(EXERCISE MATERIALS)
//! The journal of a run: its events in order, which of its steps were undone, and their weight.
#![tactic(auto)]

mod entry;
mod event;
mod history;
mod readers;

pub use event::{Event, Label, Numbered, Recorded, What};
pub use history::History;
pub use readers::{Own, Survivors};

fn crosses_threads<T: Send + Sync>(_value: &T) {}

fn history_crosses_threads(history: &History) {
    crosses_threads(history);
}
(End EXERCISE MATERIALS)
(EXERCISE MATERIALS)
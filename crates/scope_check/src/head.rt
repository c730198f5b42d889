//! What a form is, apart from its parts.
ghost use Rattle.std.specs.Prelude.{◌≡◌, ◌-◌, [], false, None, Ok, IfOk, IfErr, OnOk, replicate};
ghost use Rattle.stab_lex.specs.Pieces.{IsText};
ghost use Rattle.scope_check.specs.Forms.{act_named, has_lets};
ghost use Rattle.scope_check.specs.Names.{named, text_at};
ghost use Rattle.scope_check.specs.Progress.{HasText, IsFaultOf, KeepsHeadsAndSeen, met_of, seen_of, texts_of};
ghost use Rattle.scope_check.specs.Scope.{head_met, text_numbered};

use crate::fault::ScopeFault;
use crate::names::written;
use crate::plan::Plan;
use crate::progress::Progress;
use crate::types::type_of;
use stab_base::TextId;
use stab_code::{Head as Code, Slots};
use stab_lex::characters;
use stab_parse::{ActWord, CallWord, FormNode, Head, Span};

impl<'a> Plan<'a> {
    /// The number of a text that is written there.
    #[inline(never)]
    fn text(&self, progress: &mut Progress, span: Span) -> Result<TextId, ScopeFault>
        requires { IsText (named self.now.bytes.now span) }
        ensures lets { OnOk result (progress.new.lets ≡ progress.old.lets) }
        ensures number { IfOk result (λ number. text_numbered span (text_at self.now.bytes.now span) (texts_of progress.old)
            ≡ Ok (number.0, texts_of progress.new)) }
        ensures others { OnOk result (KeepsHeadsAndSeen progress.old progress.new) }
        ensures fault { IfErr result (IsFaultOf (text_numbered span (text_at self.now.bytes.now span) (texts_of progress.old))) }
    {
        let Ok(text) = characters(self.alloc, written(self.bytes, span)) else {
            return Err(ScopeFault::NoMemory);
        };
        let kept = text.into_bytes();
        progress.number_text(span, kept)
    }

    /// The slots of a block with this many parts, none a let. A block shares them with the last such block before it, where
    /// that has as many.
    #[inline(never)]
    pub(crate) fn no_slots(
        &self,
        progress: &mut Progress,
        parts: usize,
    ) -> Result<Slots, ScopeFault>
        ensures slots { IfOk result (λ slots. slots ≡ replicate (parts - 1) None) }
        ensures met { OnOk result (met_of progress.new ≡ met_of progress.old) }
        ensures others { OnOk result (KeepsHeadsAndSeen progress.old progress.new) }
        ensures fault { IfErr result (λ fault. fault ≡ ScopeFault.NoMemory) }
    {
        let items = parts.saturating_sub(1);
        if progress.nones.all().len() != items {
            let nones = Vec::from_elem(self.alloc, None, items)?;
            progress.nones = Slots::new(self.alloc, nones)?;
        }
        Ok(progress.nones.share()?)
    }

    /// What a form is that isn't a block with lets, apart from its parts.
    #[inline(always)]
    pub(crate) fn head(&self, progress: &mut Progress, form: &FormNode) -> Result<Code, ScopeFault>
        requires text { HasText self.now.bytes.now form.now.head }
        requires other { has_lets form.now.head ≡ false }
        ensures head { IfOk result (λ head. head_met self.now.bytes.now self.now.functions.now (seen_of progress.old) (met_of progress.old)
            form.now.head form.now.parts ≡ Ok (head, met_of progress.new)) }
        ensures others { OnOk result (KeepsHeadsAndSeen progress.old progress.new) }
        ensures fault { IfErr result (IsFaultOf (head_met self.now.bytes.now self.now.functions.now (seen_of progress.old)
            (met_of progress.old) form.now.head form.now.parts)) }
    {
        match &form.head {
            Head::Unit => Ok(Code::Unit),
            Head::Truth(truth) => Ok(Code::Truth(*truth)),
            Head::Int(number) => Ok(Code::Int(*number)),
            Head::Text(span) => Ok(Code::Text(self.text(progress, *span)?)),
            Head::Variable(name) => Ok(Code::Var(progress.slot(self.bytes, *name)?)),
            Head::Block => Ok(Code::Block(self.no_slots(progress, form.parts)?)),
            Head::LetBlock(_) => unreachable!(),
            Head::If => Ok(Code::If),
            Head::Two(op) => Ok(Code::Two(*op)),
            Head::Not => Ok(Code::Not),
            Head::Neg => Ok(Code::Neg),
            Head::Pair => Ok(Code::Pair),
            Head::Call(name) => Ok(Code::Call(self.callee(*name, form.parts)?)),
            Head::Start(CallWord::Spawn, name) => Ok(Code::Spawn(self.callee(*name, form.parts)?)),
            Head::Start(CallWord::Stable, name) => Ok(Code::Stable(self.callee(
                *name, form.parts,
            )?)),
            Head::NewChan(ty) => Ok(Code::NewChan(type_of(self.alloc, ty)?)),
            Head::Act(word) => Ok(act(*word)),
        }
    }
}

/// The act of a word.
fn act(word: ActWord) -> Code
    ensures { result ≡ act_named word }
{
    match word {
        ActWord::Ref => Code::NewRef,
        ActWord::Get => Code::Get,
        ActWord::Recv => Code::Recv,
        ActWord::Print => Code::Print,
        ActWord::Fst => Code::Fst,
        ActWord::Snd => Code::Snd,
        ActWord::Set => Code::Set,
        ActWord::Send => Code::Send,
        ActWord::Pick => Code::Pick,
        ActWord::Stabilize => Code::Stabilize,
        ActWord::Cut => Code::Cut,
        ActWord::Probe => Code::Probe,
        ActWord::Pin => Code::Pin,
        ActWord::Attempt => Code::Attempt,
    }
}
(End EXERCISE MATERIALS)
(TO DO) Each line above with the string "IfOk" should be reported in full.

(SOLVED PROBLEM)
ghost use Rattle.std.specs.Prelude.{◌≡◌, ◌-◌, [], false, None, Ok, IfOk, IfErr, OnOk, replicate};
        ensures number { IfOk result (λ number. text_numbered span (text_at self.now.bytes.now span) (texts_of progress.old)
        ensures slots { IfOk result (λ slots. slots ≡ replicate (parts - 1) None) }
        ensures head { IfOk result (λ head. head_met self.now.bytes.now self.now.functions.now (seen_of progress.old) (met_of progress.old)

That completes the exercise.